▶ [Data for analysis]

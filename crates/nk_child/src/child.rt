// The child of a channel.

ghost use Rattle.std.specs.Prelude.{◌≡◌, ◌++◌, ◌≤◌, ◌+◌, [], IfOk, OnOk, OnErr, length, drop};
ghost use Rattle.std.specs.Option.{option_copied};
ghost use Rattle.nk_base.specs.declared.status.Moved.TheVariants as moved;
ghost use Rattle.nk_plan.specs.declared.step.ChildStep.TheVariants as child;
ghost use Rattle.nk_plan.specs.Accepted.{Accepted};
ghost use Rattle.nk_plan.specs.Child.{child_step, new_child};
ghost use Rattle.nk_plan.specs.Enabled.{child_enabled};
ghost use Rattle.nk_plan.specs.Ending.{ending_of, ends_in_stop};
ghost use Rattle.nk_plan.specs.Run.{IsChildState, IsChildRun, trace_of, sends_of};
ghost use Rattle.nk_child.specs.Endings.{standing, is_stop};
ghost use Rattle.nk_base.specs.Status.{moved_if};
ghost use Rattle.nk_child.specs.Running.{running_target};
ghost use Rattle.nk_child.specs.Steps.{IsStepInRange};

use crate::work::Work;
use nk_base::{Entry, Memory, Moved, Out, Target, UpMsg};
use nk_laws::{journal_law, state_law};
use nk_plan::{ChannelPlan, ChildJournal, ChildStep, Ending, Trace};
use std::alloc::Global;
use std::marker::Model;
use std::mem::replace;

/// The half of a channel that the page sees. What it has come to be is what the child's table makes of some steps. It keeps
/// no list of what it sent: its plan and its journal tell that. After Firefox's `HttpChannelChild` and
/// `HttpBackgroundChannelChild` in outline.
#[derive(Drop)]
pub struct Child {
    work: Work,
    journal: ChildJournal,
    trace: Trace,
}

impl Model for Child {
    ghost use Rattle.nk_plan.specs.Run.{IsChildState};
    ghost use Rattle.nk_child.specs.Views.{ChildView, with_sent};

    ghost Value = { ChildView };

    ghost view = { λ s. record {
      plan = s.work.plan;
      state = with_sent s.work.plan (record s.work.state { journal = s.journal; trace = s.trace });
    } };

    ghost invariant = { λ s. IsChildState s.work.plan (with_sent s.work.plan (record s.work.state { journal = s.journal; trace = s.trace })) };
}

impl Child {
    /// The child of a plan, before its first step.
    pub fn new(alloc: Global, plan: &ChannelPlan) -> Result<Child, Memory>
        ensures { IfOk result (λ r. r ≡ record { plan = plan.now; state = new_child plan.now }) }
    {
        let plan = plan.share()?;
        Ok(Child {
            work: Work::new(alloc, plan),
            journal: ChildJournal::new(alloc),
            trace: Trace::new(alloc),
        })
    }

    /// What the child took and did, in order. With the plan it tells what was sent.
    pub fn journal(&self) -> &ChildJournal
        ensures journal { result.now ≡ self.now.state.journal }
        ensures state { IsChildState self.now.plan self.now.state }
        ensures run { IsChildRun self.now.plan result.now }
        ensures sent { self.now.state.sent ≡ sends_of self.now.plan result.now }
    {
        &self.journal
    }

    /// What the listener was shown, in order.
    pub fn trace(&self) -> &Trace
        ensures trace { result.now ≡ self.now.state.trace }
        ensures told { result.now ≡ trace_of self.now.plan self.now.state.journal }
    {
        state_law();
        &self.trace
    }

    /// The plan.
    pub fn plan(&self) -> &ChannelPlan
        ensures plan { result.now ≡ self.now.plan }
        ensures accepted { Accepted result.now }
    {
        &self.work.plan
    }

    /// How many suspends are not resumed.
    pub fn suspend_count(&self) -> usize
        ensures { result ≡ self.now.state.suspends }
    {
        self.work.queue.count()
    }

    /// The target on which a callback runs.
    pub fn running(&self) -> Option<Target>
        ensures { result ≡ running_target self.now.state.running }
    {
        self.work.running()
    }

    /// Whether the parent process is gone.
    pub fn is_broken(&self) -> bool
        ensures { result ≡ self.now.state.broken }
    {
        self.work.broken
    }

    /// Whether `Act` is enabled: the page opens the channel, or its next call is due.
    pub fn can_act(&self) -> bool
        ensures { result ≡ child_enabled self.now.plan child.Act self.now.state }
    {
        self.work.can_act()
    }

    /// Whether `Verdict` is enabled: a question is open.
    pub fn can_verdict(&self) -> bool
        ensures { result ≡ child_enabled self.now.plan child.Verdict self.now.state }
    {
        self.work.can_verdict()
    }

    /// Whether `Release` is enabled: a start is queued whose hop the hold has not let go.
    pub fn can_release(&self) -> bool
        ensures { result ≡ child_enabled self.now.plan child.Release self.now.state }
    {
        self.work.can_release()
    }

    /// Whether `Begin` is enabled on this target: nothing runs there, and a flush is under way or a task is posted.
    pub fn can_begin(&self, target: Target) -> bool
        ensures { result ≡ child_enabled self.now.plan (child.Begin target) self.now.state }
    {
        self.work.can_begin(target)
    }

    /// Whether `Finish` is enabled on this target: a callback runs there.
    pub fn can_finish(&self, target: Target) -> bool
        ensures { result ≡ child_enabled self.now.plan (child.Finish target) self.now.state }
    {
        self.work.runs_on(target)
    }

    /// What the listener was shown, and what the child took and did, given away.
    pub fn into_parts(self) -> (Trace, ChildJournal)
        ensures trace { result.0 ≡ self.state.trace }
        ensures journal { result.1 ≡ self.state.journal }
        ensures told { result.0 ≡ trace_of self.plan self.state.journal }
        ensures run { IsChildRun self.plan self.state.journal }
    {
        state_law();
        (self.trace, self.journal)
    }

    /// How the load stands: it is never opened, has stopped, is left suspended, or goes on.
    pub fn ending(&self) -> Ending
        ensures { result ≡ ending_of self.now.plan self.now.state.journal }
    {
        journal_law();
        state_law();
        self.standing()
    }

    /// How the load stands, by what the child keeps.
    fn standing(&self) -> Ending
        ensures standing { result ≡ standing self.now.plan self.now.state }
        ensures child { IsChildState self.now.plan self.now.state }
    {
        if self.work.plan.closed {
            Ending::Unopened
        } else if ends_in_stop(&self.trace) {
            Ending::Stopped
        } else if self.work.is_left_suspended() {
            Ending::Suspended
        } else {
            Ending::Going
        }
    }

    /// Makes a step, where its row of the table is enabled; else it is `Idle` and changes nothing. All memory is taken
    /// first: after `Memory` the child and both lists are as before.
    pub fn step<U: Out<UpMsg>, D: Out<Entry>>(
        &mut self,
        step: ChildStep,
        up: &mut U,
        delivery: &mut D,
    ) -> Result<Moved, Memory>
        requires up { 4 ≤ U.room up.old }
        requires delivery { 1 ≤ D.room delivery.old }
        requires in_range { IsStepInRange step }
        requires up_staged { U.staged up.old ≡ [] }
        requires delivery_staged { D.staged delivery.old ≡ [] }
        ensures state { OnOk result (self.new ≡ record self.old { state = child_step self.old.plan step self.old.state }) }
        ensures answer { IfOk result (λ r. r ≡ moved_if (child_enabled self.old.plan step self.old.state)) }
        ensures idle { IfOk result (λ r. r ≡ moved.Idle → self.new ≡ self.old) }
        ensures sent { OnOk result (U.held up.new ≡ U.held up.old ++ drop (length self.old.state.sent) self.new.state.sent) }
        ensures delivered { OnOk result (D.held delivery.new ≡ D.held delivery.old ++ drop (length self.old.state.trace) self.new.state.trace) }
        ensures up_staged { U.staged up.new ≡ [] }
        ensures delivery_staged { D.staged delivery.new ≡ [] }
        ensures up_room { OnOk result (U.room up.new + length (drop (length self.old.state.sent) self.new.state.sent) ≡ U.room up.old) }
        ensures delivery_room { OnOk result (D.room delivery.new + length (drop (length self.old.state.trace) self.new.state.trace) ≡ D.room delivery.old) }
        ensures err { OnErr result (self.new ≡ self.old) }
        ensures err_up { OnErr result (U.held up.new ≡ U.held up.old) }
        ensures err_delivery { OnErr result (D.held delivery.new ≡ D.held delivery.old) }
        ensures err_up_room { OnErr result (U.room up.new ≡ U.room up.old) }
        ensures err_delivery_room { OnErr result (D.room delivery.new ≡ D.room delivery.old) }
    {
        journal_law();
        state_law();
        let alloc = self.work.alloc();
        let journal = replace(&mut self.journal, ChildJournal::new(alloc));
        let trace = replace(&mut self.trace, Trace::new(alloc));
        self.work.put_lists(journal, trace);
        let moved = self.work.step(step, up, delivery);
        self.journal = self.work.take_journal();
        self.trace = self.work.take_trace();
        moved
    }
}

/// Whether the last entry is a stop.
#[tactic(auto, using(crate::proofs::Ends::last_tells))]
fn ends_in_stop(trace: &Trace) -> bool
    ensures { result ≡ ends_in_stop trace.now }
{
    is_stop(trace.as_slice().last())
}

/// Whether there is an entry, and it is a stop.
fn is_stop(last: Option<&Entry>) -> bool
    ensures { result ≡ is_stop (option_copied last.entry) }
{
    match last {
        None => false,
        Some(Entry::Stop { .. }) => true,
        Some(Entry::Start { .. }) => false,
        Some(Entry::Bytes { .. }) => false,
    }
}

▶ [Task item]
Will you return exactly the lines above from the one with "pub fn suspend_count(&self) -> usize" down to the one with "pub fn into_parts(self)", counting both as part of the range?

▶ [Output for this exercise]
    pub fn suspend_count(&self) -> usize
        ensures { result ≡ self.now.state.suspends }
    {
        self.work.queue.count()
    }

    /// The target on which a callback runs.
    pub fn running(&self) -> Option<Target>
        ensures { result ≡ running_target self.now.state.running }
    {
        self.work.running()
    }

    /// Whether the parent process is gone.
    pub fn is_broken(&self) -> bool
        ensures { result ≡ self.now.state.broken }
    {
        self.work.broken
    }

    /// Whether `Act` is enabled: the page opens the channel, or its next call is due.
    pub fn can_act(&self) -> bool
        ensures { result ≡ child_enabled self.now.plan child.Act self.now.state }
    {
        self.work.can_act()
    }

    /// Whether `Verdict` is enabled: a question is open.
    pub fn can_verdict(&self) -> bool
        ensures { result ≡ child_enabled self.now.plan child.Verdict self.now.state }
    {
        self.work.can_verdict()
    }

    /// Whether `Release` is enabled: a start is queued whose hop the hold has not let go.
    pub fn can_release(&self) -> bool
        ensures { result ≡ child_enabled self.now.plan child.Release self.now.state }
    {
        self.work.can_release()
    }

    /// Whether `Begin` is enabled on this target: nothing runs there, and a flush is under way or a task is posted.
    pub fn can_begin(&self, target: Target) -> bool
        ensures { result ≡ child_enabled self.now.plan (child.Begin target) self.now.state }
    {
        self.work.can_begin(target)
    }

    /// Whether `Finish` is enabled on this target: a callback runs there.
    pub fn can_finish(&self, target: Target) -> bool
        ensures { result ≡ child_enabled self.now.plan (child.Finish target) self.now.state }
    {
        self.work.runs_on(target)
    }

    /// What the listener was shown, and what the child took and did, given away.
    pub fn into_parts(self) -> (Trace, ChildJournal)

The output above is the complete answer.